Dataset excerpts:
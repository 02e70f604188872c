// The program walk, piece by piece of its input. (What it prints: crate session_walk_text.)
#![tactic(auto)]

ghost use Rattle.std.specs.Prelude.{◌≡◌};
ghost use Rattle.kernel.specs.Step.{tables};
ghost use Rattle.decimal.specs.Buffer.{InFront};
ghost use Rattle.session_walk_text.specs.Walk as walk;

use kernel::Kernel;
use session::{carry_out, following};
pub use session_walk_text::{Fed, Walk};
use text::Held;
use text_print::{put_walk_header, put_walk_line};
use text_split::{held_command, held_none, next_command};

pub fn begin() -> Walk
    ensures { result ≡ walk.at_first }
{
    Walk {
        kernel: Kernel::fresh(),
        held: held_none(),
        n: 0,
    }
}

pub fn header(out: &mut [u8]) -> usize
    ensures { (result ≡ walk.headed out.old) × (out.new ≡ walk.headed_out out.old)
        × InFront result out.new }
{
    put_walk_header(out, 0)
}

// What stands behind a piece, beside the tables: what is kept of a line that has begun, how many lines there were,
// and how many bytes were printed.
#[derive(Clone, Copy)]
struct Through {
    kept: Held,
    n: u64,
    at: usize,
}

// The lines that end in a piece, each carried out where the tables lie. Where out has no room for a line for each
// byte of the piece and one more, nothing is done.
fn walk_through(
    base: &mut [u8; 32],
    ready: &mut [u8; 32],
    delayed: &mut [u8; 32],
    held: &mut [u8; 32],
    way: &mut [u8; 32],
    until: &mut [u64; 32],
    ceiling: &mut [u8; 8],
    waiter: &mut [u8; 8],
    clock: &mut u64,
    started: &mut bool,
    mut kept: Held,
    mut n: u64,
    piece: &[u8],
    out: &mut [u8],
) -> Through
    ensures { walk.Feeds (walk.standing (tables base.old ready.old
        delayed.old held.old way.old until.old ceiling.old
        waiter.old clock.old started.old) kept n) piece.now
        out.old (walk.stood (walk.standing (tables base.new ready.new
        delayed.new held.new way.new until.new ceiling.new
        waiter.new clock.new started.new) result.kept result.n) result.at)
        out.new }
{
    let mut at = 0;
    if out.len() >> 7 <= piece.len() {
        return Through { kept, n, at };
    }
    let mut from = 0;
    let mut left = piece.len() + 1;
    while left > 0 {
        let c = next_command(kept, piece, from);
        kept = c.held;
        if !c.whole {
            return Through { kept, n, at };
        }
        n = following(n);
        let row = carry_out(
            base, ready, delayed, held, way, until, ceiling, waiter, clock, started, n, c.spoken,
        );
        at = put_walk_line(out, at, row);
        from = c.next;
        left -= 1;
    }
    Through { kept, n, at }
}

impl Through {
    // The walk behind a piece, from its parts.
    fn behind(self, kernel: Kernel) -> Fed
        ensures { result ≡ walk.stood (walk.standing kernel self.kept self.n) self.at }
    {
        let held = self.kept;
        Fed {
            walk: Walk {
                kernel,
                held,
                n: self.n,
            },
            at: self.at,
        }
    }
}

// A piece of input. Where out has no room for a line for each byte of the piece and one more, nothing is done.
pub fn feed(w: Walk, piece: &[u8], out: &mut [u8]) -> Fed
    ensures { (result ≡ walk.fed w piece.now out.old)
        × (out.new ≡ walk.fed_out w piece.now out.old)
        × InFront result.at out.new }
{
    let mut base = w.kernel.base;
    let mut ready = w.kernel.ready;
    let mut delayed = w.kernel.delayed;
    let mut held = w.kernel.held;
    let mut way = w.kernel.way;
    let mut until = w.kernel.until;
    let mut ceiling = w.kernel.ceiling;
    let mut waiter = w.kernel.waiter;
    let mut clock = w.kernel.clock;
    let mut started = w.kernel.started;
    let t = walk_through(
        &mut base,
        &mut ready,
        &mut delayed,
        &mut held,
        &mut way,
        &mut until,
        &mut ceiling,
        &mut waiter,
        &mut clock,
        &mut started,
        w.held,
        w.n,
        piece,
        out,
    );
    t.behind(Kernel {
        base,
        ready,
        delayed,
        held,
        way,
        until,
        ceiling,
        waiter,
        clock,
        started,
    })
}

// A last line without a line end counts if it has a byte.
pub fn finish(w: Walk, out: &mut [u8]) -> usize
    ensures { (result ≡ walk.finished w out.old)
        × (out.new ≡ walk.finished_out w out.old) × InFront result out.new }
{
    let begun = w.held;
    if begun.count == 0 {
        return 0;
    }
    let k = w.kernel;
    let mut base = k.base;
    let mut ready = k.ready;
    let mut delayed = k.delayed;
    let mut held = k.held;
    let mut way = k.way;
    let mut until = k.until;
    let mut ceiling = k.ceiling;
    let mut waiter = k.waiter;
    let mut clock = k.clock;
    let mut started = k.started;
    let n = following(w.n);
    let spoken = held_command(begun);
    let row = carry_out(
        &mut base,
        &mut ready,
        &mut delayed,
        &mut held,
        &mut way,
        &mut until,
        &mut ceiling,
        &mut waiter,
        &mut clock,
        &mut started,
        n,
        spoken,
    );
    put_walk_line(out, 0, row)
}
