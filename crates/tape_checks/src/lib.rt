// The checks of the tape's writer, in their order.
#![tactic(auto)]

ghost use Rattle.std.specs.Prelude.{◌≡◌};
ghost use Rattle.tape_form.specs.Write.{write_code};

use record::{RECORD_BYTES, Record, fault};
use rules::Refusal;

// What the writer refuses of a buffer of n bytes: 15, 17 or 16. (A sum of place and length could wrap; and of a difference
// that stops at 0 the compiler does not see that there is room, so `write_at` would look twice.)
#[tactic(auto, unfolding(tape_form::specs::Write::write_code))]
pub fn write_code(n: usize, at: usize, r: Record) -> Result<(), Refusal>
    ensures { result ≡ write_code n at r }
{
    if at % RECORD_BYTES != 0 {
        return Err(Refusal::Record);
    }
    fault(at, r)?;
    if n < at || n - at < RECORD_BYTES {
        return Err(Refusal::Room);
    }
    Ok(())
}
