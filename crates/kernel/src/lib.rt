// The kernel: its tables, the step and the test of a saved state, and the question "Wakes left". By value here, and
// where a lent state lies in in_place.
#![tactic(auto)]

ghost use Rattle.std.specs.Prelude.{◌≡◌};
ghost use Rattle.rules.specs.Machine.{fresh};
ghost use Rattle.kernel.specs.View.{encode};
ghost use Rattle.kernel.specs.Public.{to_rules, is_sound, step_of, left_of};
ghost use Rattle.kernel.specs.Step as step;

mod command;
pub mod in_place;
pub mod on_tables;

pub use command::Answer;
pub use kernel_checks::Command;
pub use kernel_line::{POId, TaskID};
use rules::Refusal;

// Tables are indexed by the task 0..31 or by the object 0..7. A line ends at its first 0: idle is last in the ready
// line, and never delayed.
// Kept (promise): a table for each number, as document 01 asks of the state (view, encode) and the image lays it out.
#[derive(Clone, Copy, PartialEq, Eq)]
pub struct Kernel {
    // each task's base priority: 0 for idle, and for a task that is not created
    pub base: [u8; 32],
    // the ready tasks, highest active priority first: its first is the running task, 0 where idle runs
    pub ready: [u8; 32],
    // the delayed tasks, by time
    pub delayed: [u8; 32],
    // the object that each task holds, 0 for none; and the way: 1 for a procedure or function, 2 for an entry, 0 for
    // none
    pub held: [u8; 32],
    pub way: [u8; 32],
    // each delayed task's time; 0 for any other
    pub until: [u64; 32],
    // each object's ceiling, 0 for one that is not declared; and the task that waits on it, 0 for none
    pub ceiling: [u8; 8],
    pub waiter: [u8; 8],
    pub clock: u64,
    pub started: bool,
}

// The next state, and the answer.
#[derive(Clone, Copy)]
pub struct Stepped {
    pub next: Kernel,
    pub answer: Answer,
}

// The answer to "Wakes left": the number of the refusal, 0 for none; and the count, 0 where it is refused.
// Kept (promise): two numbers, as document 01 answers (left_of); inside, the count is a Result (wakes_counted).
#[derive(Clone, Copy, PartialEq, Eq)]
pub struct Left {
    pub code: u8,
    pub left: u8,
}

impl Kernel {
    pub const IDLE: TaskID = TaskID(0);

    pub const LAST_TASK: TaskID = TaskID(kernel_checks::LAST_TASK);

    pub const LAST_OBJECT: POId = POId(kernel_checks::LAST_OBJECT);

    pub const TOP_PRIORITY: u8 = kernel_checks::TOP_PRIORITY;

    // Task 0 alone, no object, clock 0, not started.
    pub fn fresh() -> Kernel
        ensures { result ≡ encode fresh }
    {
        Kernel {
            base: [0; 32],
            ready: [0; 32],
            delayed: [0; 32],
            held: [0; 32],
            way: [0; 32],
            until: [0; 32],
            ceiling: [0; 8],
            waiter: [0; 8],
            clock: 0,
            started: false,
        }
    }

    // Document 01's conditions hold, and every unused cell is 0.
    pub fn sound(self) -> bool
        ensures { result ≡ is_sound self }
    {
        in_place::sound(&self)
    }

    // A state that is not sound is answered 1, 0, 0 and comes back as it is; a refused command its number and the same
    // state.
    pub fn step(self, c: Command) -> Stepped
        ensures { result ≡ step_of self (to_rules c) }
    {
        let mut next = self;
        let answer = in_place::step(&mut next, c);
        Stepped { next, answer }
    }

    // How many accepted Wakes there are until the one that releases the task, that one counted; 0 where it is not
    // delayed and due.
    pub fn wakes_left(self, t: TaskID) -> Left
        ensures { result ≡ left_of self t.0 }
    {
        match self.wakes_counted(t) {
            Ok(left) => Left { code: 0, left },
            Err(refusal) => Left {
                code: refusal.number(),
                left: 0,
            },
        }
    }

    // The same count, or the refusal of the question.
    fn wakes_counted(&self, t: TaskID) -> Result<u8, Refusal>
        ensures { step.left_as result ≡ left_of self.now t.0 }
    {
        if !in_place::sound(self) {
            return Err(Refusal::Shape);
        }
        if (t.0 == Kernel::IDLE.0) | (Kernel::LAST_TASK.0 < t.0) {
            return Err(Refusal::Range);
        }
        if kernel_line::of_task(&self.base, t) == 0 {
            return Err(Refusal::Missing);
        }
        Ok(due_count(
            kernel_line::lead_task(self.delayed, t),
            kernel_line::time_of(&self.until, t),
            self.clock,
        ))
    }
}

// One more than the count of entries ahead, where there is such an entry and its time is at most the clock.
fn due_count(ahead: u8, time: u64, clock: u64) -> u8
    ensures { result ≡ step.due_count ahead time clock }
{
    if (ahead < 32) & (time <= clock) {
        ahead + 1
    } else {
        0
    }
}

WORK REQUIRED:
When you reach the line that contains "held: &mut [u8;", stop; that line and every line before it, from the very first line of the data, should be restated word for word.

RESPONSE:
repository 02e70f604188872c
// The program walk, piece by piece of its input. (What it prints: crate session_walk_text.)
#![tactic(auto)]

ghost use Rattle.std.specs.Prelude.{◌≡◌};
ghost use Rattle.kernel.specs.Step.{tables};
ghost use Rattle.decimal.specs.Buffer.{InFront};
ghost use Rattle.session_walk_text.specs.Walk as walk;

use kernel::Kernel;
use session::{carry_out, following};
pub use session_walk_text::{Fed, Walk};
use text::Held;
use text_print::{put_walk_header, put_walk_line};
use text_split::{held_command, held_none, next_command};

pub fn begin() -> Walk
    ensures { result ≡ walk.at_first }
{
    Walk {
        kernel: Kernel::fresh(),
        held: held_none(),
        n: 0,
    }
}

pub fn header(out: &mut [u8]) -> usize
    ensures { (result ≡ walk.headed out.old) × (out.new ≡ walk.headed_out out.old)
        × InFront result out.new }
{
    put_walk_header(out, 0)
}

// What stands behind a piece, beside the tables: what is kept of a line that has begun, how many lines there were,
// and how many bytes were printed.
#[derive(Clone, Copy)]
struct Through {
    kept: Held,
    n: u64,
    at: usize,
}

// The lines that end in a piece, each carried out where the tables lie. Where out has no room for a line for each
// byte of the piece and one more, nothing is done.
fn walk_through(
    base: &mut [u8; 32],
    ready: &mut [u8; 32],
    delayed: &mut [u8; 32],
    held: &mut [u8; 32],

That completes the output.